Action item:
Scan the entries below for the word "about" and copy every line where it turns up.

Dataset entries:
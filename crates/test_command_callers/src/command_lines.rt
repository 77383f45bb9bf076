//! Callers that exist for the prover, over any general options and commands. Their clauses state what
//! a line means, and what the program does about a request, by the meaning of the words.
ghost use Rattle.std.specs.Prelude.{◌≡◌, ◌∷◌, ℕ, [], IfOk, List, None, Some, slice_get, true};
ghost use Rattle.lexopt_options_spec.specs.Asking.{first_asked};
ghost use Rattle.lexopt_options_spec.specs.Declaration as spec;
ghost use Rattle.lexopt_options_spec.specs.Rest.{MeansBefore, surplus};
ghost use Rattle.lexopt_options_spec.specs.Legal as legal;
ghost use Rattle.lexopt_options.specs.Answers.{IsRequestAnswer};
ghost use Rattle.lexopt_options.specs.Declarations.{declaration_of, options_of};
ghost use Rattle.lexopt_commands.specs.declared.command.Command as one;
ghost use Rattle.lexopt_commands.specs.declared.command.Runs.TheVariants as runs;
ghost use Rattle.lexopt_commands.specs.Names.{can_be_declared, names_of};
ghost use Rattle.test_command_callers.specs.AnyCommands.{IsAskedFor, IsNamed, LineTells, RequestTells};

use lexopt_commands::{Call, Command, CommandLine, Commands, Step};
use lexopt_options::{Answer, Options, OsString, Parsed, Request};
use std::alloc::{AllocError, Global};
use std::convert::Infallible;

/// Reads a line.
pub fn read_line<'a, C: Copy, F: Copy, V: Copy, M: Copy, S: Copy>(
    alloc: Global,
    options: Options<'a, F, V, Infallible, M, S>,
    commands: &'a [Command<'a, C>],
    words: Vec<OsString>,
) -> Result<CommandLine<'a, C, F, V, M, S>, AllocError>
    requires { can_be_declared (names_of commands.now) ≡ true }
    ensures line { IfOk result (λ line.
        LineTells options.entry commands.now words.items line) }
    ensures asked { (l : List legal.Parsed) (rest : List (List ℕ)) (asked : spec.Asked)
        → MeansBefore surplus (declaration_of options.entry) words.items l rest
        → first_asked (declaration_of options.entry).options l ≡ Some asked
        → IfOk result (λ line. IsAskedFor asked line) }
    ensures named { (i : ℕ) (own : one.Command C) (key : C) (l : List legal.Parsed)
        (rest : List (List ℕ)) → slice_get commands.now i ≡ Some own
        → own.runs ≡ runs.Command key
        → MeansBefore surplus (declaration_of options.entry) words.items l (own.name.now ∷ rest)
        → first_asked (declaration_of options.entry).options l ≡ None
        → IfOk result (λ line.
        IsNamed (options_of options.entry) l own.name.now key rest line) }
{
    Commands::new(options, commands).read(alloc, words)
}

/// Returns what the program does about a request.
pub fn answer_request<'a, C: Copy, F: Copy, V: Copy, M: Copy, S: Copy>(
    alloc: Global,
    options: Options<'a, F, V, Infallible, M, S>,
    commands: &'a [Command<'a, C>],
    request: Request,
    width: usize,
) -> Result<Step<'a, C, F, V, M, S>, AllocError>
    requires { can_be_declared (names_of commands.now) ≡ true }
    ensures { IfOk result (λ step.
        RequestTells options.entry commands.now [] request width step) }
{
    Commands::new(options, commands).answer_request(alloc, request, width)
}

/// Returns what the program does about the call of a command that has these commands.
pub fn answer_call<'a, C: Copy, F: Copy, V: Copy, M: Copy, S: Copy>(
    alloc: Global,
    options: Options<'a, F, V, Infallible, M, S>,
    commands: &'a [Command<'a, C>],
    call: Call<F, V, M, S>,
    width: usize,
) -> Result<Step<'a, C, F, V, M, S>, AllocError>
    requires { can_be_declared (names_of commands.now) ≡ true }
    ensures { IfOk result (λ step.
        RequestTells options.entry commands.now call.general.items call.request width step) }
{
    Commands::new(options, commands).answer_call(alloc, call, width)
}

/// Returns what the general options of a call mean, and what the program does about the call of a
/// command that has these options.
pub fn answer_own<
    'a,
    F: Drop,
    V: Drop,
    M: Drop,
    S: Drop,
    G: Copy,
    W: Copy,
    P: Copy,
    N: Copy,
    T: Copy,
>(
    alloc: Global,
    options: &Options<'a, G, W, P, N, T>,
    call: Call<F, V, M, S>,
    width: usize,
) -> Result<
    (
        Vec<Parsed<F, V, Infallible, M, S>>,
        Answer<'a, G, W, P, N, T>,
    ),
    AllocError,
>
    ensures { IfOk result (λ found. (found.0 ≡ call.general)
        × IsRequestAnswer options.now call.request width found.1) }
{
    call.answer(alloc, options, width)
}
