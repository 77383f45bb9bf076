//! A caller that prints why a command cannot be declared.
ghost use Rattle.std.specs.Prelude.{◌≡◌, IfOk, string_bytes};
ghost use Rattle.test_command_callers.specs.Texts.{error_line};

use lexopt_commands::CommandError;
use std::alloc::{AllocError, Global};

/// Prints why a command cannot be declared.
pub fn command_error_text(alloc: Global, error: &CommandError<'_>) -> Result<String, AllocError>
    ensures { IfOk result (λ text. string_bytes text ≡ error_line error.now) }
{
    format!(in alloc; "{error}")
}
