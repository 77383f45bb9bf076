//! Callers of declared commands that exist for the prover. Each has clauses of its own, which are
//! proved from the clauses of the public calls alone.
#![tactic(auto)]

pub mod command_lines;
pub mod command_texts;
pub mod commands;
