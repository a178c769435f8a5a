// What the call of a block does: replies in lines of six bytes, taken one after the other up to the first bad line. Crate campaign_c exports it.
#![tactic(auto)]

ghost use Rattle.std.specs.Prelude.{◌≡◌, ◌≤◌, length};
ghost use Rattle.run.specs.Bytes.{bytes_of, run_of};
ghost use Rattle.lent_state.specs.Lines.{number_of};
ghost use Rattle.lent_state.specs.Stands.{Stands};
ghost use Rattle.calls.specs.Refusals.{Answers};
ghost use Rattle.block_calls.specs.Block.{lines_of, block_of, with_tail, bits_of, block_call, block_leaves};

use calls::Refusal;
use lent_state::{LineFault, Taken};
use network::Chart;
use standing::Standing;

// What is wrong after the whole lines: an unfinished line at the end is misformed.
#[tactic(auto, unfolding(crate::specs::Block::with_tail))]
fn with_tail(fault: Option<LineFault>, length: usize) -> Option<LineFault>
    ensures { result ≡ with_tail fault length }
{
    fault.or((length % 6 != 0).then_some(LineFault::Misformed))
}

// Takes a block's lines one after the other, up to the first bad one; what is left after its whole lines is an unfinished line.
fn take_lines(chart: &Chart, s: Standing, block: &[u8], state: &mut [u8]) -> Taken
    requires { Stands chart.now.network s state.old }
    ensures told { (result.kept ≡ (block_of chart.now.network (run_of state.old) (lines_of block.now)).kept)
        × (number_of result.fault ≡ (block_of chart.now.network (run_of state.old) (lines_of block.now)).fault) }
    ensures left { state.new ≡ bytes_of (block_of chart.now.network (run_of state.old) (lines_of block.now)).run }
{
    let t = lent_state::take_lines(chart, s, block, false, state);
    Taken {
        kept: t.kept,
        fault: with_tail(t.fault, block.len()),
    }
}

// Accepted with the number taken, or the fault with its line.
fn block_bits(t: Taken) -> u32
    requires { t.kept ≤ 64 }
    ensures { result ≡ bits_of t.kept (number_of t.fault) }
{
    match t.fault {
        None => calls::pack(6, 0, t.kept),
        Some(fault) => calls::pack(0, fault.refusal(), t.kept + 1),
    }
}

// What the call of a block gives for a campaign that can be taken up. A bad line is none of its refusals: the replies before it are kept.
fn take(sheet: &[u8], block: &[u8], state: &mut [u8]) -> Result<u32, Refusal>
    ensures answer { Answers (block_call sheet.now block.now state.old) result }
    ensures left { state.new ≡ block_leaves sheet.now block.now state.old }
{
    let campaign = calls::take_up(sheet, state)?;
    let taken = take_lines(&campaign.chart, campaign.standing, block, state);
    Ok(block_bits(taken))
}

// Takes the replies of a block, up to its first bad line.
pub fn reply_block(sheet: &[u8], block: &[u8], state: &mut [u8]) -> u32
    ensures answer { result ≡ block_call sheet.now block.now state.old }
    ensures left { state.new ≡ block_leaves sheet.now block.now state.old }
{
    calls::bits_of(take(sheet, block, state))
}
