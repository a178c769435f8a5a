// An event line, six bytes: a letter, a number in four columns, a line feed. Orders and replies stand so in a journal, replies in the
// drill's input, and orders and ends in what the drill prints.
#![tactic(auto)]

ghost use Rattle.std.specs.Prelude.{◌≡◌, suc, ◌≤◌, length, MatchOption};
ghost use Rattle.std.proofs.lemmas.List.Edits.{sets};
ghost use Rattle.event_lines.specs.Line.{is_order, line_text, line_of};

// What a line of this form says: a letter and a number, whatever they are. A letter that is no event's has no type of its own: replies come
// from C by their letters, and whoever takes them refuses those that do not fit, in the rules' own order.
#[derive(Clone, Copy, PartialEq, Eq, Debug)]
pub struct Event {
    pub letter: u8,
    pub booking: u32,
}

impl Event {
    // The booking's index; number 0 is no booking's.
    pub fn index(self) -> Option<usize>
        ensures { MatchOption result (self.booking ≡ 0) (λ i. self.booking ≡ suc i) }
    {
        (self.booking as usize).checked_sub(1)
    }
}

// Reads a line; None where the bytes are no line of this form. A part that is too short is none.
pub fn read_line(line: &[u8]) -> Option<Event>
    ensures { result ≡ line_of line.now }
{
    if line.len() != 6 {
        return None;
    }
    let x = decimal::field_at(line, 1, 4).ok()?;
    if line[5] != b'\n' {
        return None;
    }
    Some(Event {
        letter: line[0],
        booking: x as u32,
    })
}

// Whether a line with this letter is an order's.
#[tactic(auto, unfolding(crate::specs::Line::is_order))]
pub fn is_order(letter: u8) -> bool
    ensures { result ≡ is_order letter }
{
    matches!(letter, b'Q' | b'U')
}

// Writes a line at the front, and gives its length.
pub fn write_line(buf: &mut [u8], letter: u8, x: usize) -> usize
    requires { 6 ≤ length buf.old }
    ensures size { result ≡ length (line_text letter x) }
    ensures text { buf.new ≡ sets buf.old 0 (line_text letter x) }
{
    buf[0] = letter;
    decimal::write_field(&mut buf[1..5], x);
    buf[5] = b'\n';
    6
}
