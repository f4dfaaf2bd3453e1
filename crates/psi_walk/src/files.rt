// What files hold that words name: read, and judged as what they are to hold.
ghost use Rattle.std.specs.Prelude.{◌≤◌, List, ℕ, IfOk, Result, length};
ghost use Rattle.psi_spec.specs.Deals.{IsReceiverDeal, IsSenderDeal};
ghost use Rattle.psi_spec.specs.Frames.{AreBytes};
ghost use Rattle.psi_spec.specs.Limits.{file_limit};
ghost use Rattle.psi_texts.specs.declared.status.Status.{Status};
ghost use Rattle.psi_walk.specs.Files.{items_in, old_deal_in, reads_file, receiver_in, sender_in};
ghost use Rattle.psi_walk.specs.Walk.{Settles, Steps};

use crate::steps::read_bytes;
use psi_base::{FILE_LIMIT, Words, World};
use psi_deal::{BadDeal, OldDeal, ReceiverDeal, SenderDeal, read_old, read_receiver, read_sender};
use psi_items::{BadItems, Items};
use psi_texts::Status;
use std::alloc::Global;

/// What a file may hold that a word names.
pub trait FromFile: Sized {
    // What the bytes of the file of a word hold, or why it is refused.
    ghost held: { ℕ → List ℕ → Result Self Status };

    // What is known of each value that a file holds.
    ghost is_sound: { Self → Type 0 } = { λ _. Unit {0} };

    /// Judges the bytes of the file that this word names.
    fn judge(alloc: Global, word: u8, bytes: &[u8]) -> Result<Self, Status>
        requires { length bytes.now ≤ file_limit }
        ensures settles { Settles (held word bytes.now) result }
        ensures are_bytes { AreBytes bytes.now }
        ensures sound { IfOk result is_sound };
}

impl FromFile for Items {
    ghost held = { items_in };

    #[tactic(auto, unfolding(crate::specs::Files::items_in))]
    fn judge(alloc: Global, word: u8, bytes: &[u8]) -> Result<Items, Status> {
        match Items::read(alloc, bytes) {
            Ok(items) => Ok(items),
            Err(BadItems::NoMemory) => Err(Status::NoMemory),
            Err(fault) => Err(Status::BadItems { word, fault }),
        }
    }
}

impl FromFile for SenderDeal {
    ghost held = { sender_in };

    ghost is_sound = { IsSenderDeal };

    #[tactic(auto, unfolding(crate::specs::Files::sender_in))]
    fn judge(alloc: Global, word: u8, bytes: &[u8]) -> Result<SenderDeal, Status> {
        match read_sender(alloc, bytes) {
            Ok(deal) => Ok(deal),
            Err(BadDeal::NoMemory) => Err(Status::NoMemory),
            Err(fault) => Err(Status::BadDeal { word, fault }),
        }
    }
}

impl FromFile for ReceiverDeal {
    ghost held = { receiver_in };

    ghost is_sound = { IsReceiverDeal };

    #[tactic(auto, unfolding(crate::specs::Files::receiver_in))]
    fn judge(alloc: Global, word: u8, bytes: &[u8]) -> Result<ReceiverDeal, Status> {
        match read_receiver(alloc, bytes) {
            Ok(deal) => Ok(deal),
            Err(BadDeal::NoMemory) => Err(Status::NoMemory),
            Err(fault) => Err(Status::BadDeal { word, fault }),
        }
    }
}

impl FromFile for OldDeal {
    ghost held = { old_deal_in };

    #[tactic(auto, unfolding(crate::specs::Files::old_deal_in))]
    fn judge(alloc: Global, word: u8, bytes: &[u8]) -> Result<OldDeal, Status> {
        match read_old(alloc, bytes) {
            Ok(deal) => Ok(deal),
            Err(BadDeal::NoMemory) => Err(Status::NoMemory),
            Err(fault) => Err(Status::BadDeal { word, fault }),
        }
    }
}

/// Reads the file that the word at this place names, and judges it as what is asked for.
pub fn read_as<T: FromFile, W: World>(
    alloc: Global,
    words: &Words,
    word: u8,
    world: &mut W,
) -> Result<T, Status>
    ensures steps { Steps W.known words.now (reads_file T.held word) (W.outside world.old) result
        (W.outside world.new) }
    ensures sound { IfOk result T.is_sound }
{
    match read_bytes(alloc, words, word, FILE_LIMIT, world) {
        Ok(bytes) => T::judge(alloc, word, &bytes),
        Err(status) => Err(status),
    }
}
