// The pair of deals of a seed, and the one that words name.
ghost use Rattle.std.specs.Prelude.{◌≡◌, None, IfOk};
ghost use Rattle.psi_spec.specs.Deals.{ArePair, IsReceiverDeal, IsSenderDeal, dealt_receiver, dealt_sender};
ghost use Rattle.psi_deal.specs.BadDeals.{bad_request};
ghost use Rattle.psi_walk.specs.NamedDeals.{NameDeals, receiver_of_words, sender_of_words};

use psi_base::{NoMemory, Words};
use psi_deal::{ReceiverDeal, SenderDeal, deal};
use psi_words::{seed_of, session_of, sizes_of, word_at};
use std::alloc::Global;

/// The pair of deals of a seed, for a session, with sizes that deals can have.
pub fn deals_of_seed(
    alloc: Global,
    seed: &[u8; 32],
    session: u64,
    tag_length: u8,
    stash: u8,
) -> Result<(ReceiverDeal, SenderDeal), NoMemory>
    // So that only memory can be wanting.
    requires fit { bad_request tag_length stash ≡ None }
    ensures receiver { IfOk result (λ deals. deals.0 ≡ dealt_receiver seed.now session tag_length stash) }
    ensures sender { IfOk result (λ deals. deals.1 ≡ dealt_sender seed.now session tag_length stash) }
    ensures sizes { IfOk result (λ deals. IsReceiverDeal deals.0 × IsSenderDeal deals.1) }
    ensures pair { IfOk result (λ deals. ArePair deals.0 deals.1) }
{
    deal(alloc, seed, session, tag_length, stash).map_err(|_| NoMemory)
}

/// The pair of deals that three words name: a seed at this place, and behind it the session and the sizes.
#[tactic(auto, unfolding(crate::specs::NamedDeals::receiver_of_words, crate::specs::NamedDeals::sender_of_words))]
pub fn deals_of_words(
    alloc: Global,
    words: &Words,
    at: u8,
) -> Result<(ReceiverDeal, SenderDeal), NoMemory>
    requires form { NameDeals words.now at }
    ensures receiver { IfOk result (λ deals. deals.0 ≡ receiver_of_words words.now at) }
    ensures sender { IfOk result (λ deals. deals.1 ≡ sender_of_words words.now at) }
    ensures sizes { IfOk result (λ deals. IsReceiverDeal deals.0 × IsSenderDeal deals.1) }
    ensures pair { IfOk result (λ deals. ArePair deals.0 deals.1) }
{
    let at = usize::from(at);
    let seed = seed_of(word_at(words, at));
    let session = session_of(word_at(words, at + 1));
    let (tag_length, stash) = sizes_of(word_at(words, at + 2));
    deals_of_seed(alloc, &seed, session, tag_length, stash)
}
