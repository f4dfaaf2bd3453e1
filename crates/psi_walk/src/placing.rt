// The placement of the receiver's items.
ghost use Rattle.std.specs.Prelude.{◌≡◌, IfOk, length, map};
ghost use Rattle.psi_spec.specs.Formulas.{item_digest};
ghost use Rattle.psi_spec.specs.Limits.{bins_for};
ghost use Rattle.psi_spec.specs.Placement.{IsPlacementOf};
ghost use Rattle.psi_walk.specs.Placing.{placing_of};
ghost use Rattle.psi_walk.specs.Walk.{Places};

use psi_base::{NoMemory, bins};
use psi_cuckoo::{NoFit, Placement, place};
use psi_deal::ReceiverDeal;
use psi_items::Items;
use psi_oprf::item_candidates;
use psi_texts::Status;
use std::alloc::Global;

/// Places the items of the file that this word names, which have these digests.
pub fn place_items(
    alloc: Global,
    word: u8,
    items: &Items,
    digests: &[[u8; 32]],
    deal: &ReceiverDeal,
) -> Result<Placement, Status>
    requires { digests.now ≡ map item_digest items.now }
    ensures places { Places word (placing_of deal.now items.now) result }
    ensures placed { IfOk result
        (IsPlacementOf deal.now.stash deal.now.key (bins_for (length items.now)) items.now) }
{
    let bin_count = bins(items.len());
    let candidates = item_candidates(alloc, deal.key(), bin_count, digests)?;
    match place(alloc, &candidates, bin_count, deal.stash()) {
        Ok(placement) => Ok(placement),
        Err(NoFit::Crowded { items, touched }) => Err(Status::NoPlacement {
            word,
            items,
            touched,
        }),
        Err(NoFit::NoMemory) => Err(Status::NoMemory),
    }
}
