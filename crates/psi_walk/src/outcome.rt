// What a run answers.
ghost use Rattle.std.specs.Prelude.{◌≡◌, None};
ghost use Rattle.psi_base.specs.Outside.{Outside};
ghost use Rattle.psi_walk.specs.Tree.{end_of, ended};
ghost use Rattle.psi_walk.specs.declared.outcome.Placements.TheVariants as placements;

use psi_cuckoo::Placement;
use psi_texts::Status;

/// The placements of the sets that a command placed, in the order in which it placed them.
#[derive(Drop)]
pub enum Placements {
    /// No set was placed.
    None,
    /// One set was.
    One(Placement),
    /// Two sets were.
    Two(Placement, Placement),
    /// As many sets as the list has: the room is taken before the first is placed.
    Many(Vec<Placement>),
}

/// All that a run answers.
#[derive(Drop)]
pub struct Outcome {
    /// How it ended.
    pub status: Status,
    /// The placements of the receiver's sets that the command placed: none in a command that places no set, and none
    /// where a set has no placement. Where memory was wanting, those of placed sets may be missing.
    pub placements: Placements,
    /// The SHA-256 of all bytes that both ends of a session exchanged, in the order of the wire: only where `local`
    /// or `trial` is done.
    pub wire: Option<[u8; 32]>,
}

impl Outcome {
    /// How a command ended that placed no set and ran no session of both ends.
    pub fn of(status: Status) -> Outcome
        ensures { result ≡ record { status = status; placements = placements.None; wire = None } }
    {
        Outcome {
            status,
            placements: Placements::None,
            wire: None,
        }
    }
}

/// The outcome, or one of a status that was answered before there was one.
pub fn outcome_of(answer: Result<Outcome, Status>) -> Outcome
    ensures { (after : Outside) → ended result after ≡ end_of answer after }
{
    match answer {
        Ok(outcome) => outcome,
        Err(status) => Outcome::of(status),
    }
}
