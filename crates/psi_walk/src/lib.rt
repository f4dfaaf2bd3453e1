//! What all commands share: a command as a tree of steps, how a run follows it, what it comes to, and the steps: a file
//! is read and judged, deals are made of words, a set is placed, the link is opened, a text is printed and a file is
//! written. It knows no command.
#![tactic(auto)]

mod deals;
mod files;
mod outcome;
mod placing;
mod showing;
mod steps;

pub use deals::{deals_of_seed, deals_of_words};
pub use files::{FromFile, read_as};
pub use outcome::{Outcome, Placements, outcome_of};
pub use placing::place_items;
pub use showing::print_shown;
pub use steps::{
    judge_record, open_link, print_text, read_bytes, session_status, status, write_word,
};
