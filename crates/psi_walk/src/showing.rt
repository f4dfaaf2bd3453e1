// Items that are printed, a line each. Nothing takes memory.
ghost use Rattle.std.specs.Prelude.{◌≡◌, ◌∷◌, ◌++◌, [], Bool, List, ℕ, length};
ghost use Rattle.psi_spec.specs.Hits.{marked};
ghost use Rattle.psi_spec.specs.Texts.{lines_text};
ghost use Rattle.psi_base.specs.Outside.{PrintsAll};
ghost use Rattle.psi_walk.specs.Tree.{says};
ghost use Rattle.psi_walk.specs.Walk.{Makes};

use psi_base::{Fault, World, print_all};
use psi_items::Items;
use psi_texts::Status;

// Prints an item and a line feed.
#[tactic(auto, using(psi_base::proofs::Printing::refused_first, psi_base::proofs::Printing::then_second))]
fn print_line<W: World>(item: &[u8], world: &mut W) -> Result<(), Fault>
    ensures { PrintsAll (W.outside world.old) (item.now ++ 10 ∷ []) result (W.outside world.new) }
{
    print_all(world, item)?;
    print_all(world, b"\n")
}

// Prints the marked items, a line each.
fn print_lines<W: World>(items: &Items, marks: &[bool], world: &mut W) -> Result<(), Fault>
    requires { length marks.now ≡ length items.now }
    ensures { PrintsAll (W.outside world.old) (lines_text (marked marks.now items.now)) result
        (W.outside world.new) }
{
    let mut place = 0;
    while let Some(item) = items.get(place) {
        if marks[place as usize] {
            print_line(item, world)?;
        }
        place += 1;
    }
    Ok(())
}

/// Prints the items that are shown, a line each, out of the list itself.
pub fn print_shown<W: World>(items: &Items, shown: &[bool], world: &mut W) -> Result<(), Status>
    requires { length shown.now ≡ length items.now }
    ensures { (words : List (List ℕ)) (taken : Bool) →
        Makes W.known words taken (says (lines_text (marked shown.now items.now))) (W.outside world.old) result
        (W.outside world.new) }
{
    match print_lines(items, shown, world) {
        Ok(()) => Ok(()),
        Err(Fault::Failed) => Err(Status::PrintFault),
        Err(Fault::NoMemory) => Err(Status::NoMemory),
    }
}
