// The steps of the commands.
ghost use Rattle.std.specs.Prelude.{◌≡◌, ◌≤◌, Bool, List, ℕ, IfOk, IsTrue, OnOk, length};
ghost use Rattle.psi_spec.specs.Frames.{AreBytes};
ghost use Rattle.psi_spec.specs.Limits.{record_limit};
ghost use Rattle.psi_base.specs.Outside.{as_list, link_to};
ghost use Rattle.psi_words.specs.Words.{word_at as word_of};
ghost use Rattle.psi_walk.specs.Files.{record_in};
ghost use Rattle.psi_walk.specs.Tree.{puts, says};
ghost use Rattle.psi_walk.specs.Walk.{Makes, Settles, StepsOpen, StepsRead, status_of, talk_status};

use psi_base::{Fault, ReadFault, Side, Words, World, print_all};
use psi_frames::EndFault;
use psi_log::{BadRecord, LoggedSession, read_record};
use psi_texts::Status;
use psi_words::word_at;
use std::alloc::Global;

/// Reads the file that the word at this place names, of at most so many bytes.
pub fn read_bytes<W: World>(
    alloc: Global,
    words: &Words,
    word: u8,
    limit: u32,
    world: &mut W,
) -> Result<Vec<u8>, Status>
    ensures steps { StepsRead W.known words.now word limit (W.outside world.old) (as_list result)
        (W.outside world.new) }
    ensures short { IfOk (as_list result) (λ bytes. length bytes ≤ limit) }
    ensures unchanged { OnOk result (W.outside world.new ≡ W.outside world.old) }
{
    match world.read_file(alloc, word_at(words, usize::from(word)), limit) {
        Ok(bytes) => Ok(bytes),
        Err(ReadFault::Failed) => Err(Status::FileFault { word }),
        Err(ReadFault::TooLong { taken }) => Err(Status::TooLong { word, taken }),
        Err(ReadFault::NoMemory) => Err(Status::NoMemory),
    }
}

/// The session that the bytes of a record file hold.
#[tactic(auto, unfolding(crate::specs::Files::record_in))]
pub fn judge_record<'a>(alloc: Global, bytes: &'a [u8]) -> Result<LoggedSession<'a>, Status>
    requires { length bytes.now ≤ record_limit }
    ensures settles { Settles (record_in bytes.now) result }
    ensures are_bytes { AreBytes bytes.now }
{
    match read_record(alloc, bytes) {
        Ok(session) => Ok(session),
        Err(BadRecord::NoMemory) => Err(Status::NoMemory),
        Err(fault) => Err(Status::BadRecord(fault)),
    }
}

/// Opens the link from this side, at the address that the word at this place names.
pub fn open_link<W: World>(words: &Words, word: u8, side: Side, world: &mut W) -> Result<(), Status>
    ensures steps { StepsOpen W.known words.now (link_to side (word_of words.now word)) (W.outside world.old) result
        (W.outside world.new) }
    ensures ready { OnOk result (IsTrue (W.outside world.new).ready) }
{
    match world.open_link(side, word_at(words, usize::from(word))) {
        Ok(()) => Ok(()),
        Err(Fault::Failed) => Err(Status::LinkFault),
        Err(Fault::NoMemory) => Err(Status::NoMemory),
    }
}

/// The status of a session that was not done.
pub fn session_status(fault: EndFault) -> Status
    ensures { result ≡ talk_status fault }
{
    match fault {
        EndFault::Bad(frame) => Status::BadFrame(frame),
        EndFault::PeerEnded { offset } => Status::PeerEnded { offset },
        EndFault::Link => Status::LinkFault,
        EndFault::NoMemory => Status::NoMemory,
    }
}

/// Prints the text.
pub fn print_text<W: World>(text: &[u8], world: &mut W) -> Result<(), Status>
    ensures { (words : List (List ℕ)) (taken : Bool) →
        Makes W.known words taken (says text.now) (W.outside world.old) result (W.outside world.new) }
{
    match print_all(world, text) {
        Ok(()) => Ok(()),
        Err(Fault::Failed) => Err(Status::PrintFault),
        Err(Fault::NoMemory) => Err(Status::NoMemory),
    }
}

/// Writes the file that the word at this place names.
pub fn write_word<W: World>(
    words: &Words,
    word: u8,
    bytes: &[u8],
    world: &mut W,
) -> Result<(), Status>
    ensures { (taken : Bool) →
        Makes W.known words.now taken (puts word bytes.now) (W.outside world.old) result
        (W.outside world.new) }
{
    match world.write_file(word_at(words, usize::from(word)), bytes) {
        Ok(()) => Ok(()),
        Err(Fault::Failed) => Err(Status::FileFault { word }),
        Err(Fault::NoMemory) => Err(Status::NoMemory),
    }
}

/// The status of what is left of a command.
pub fn status(rest: Result<(), Status>) -> Status
    ensures { result ≡ status_of rest }
{
    match rest {
        Ok(()) => Status::Done,
        Err(status) => status,
    }
}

Problem solution:
//! a line means, and what the program does about a request, by the meaning of the words.
/// Returns what the program does about a request.
/// Returns what the program does about the call of a command that has these commands.
/// Returns what the general options of a call mean, and what the program does about the call of a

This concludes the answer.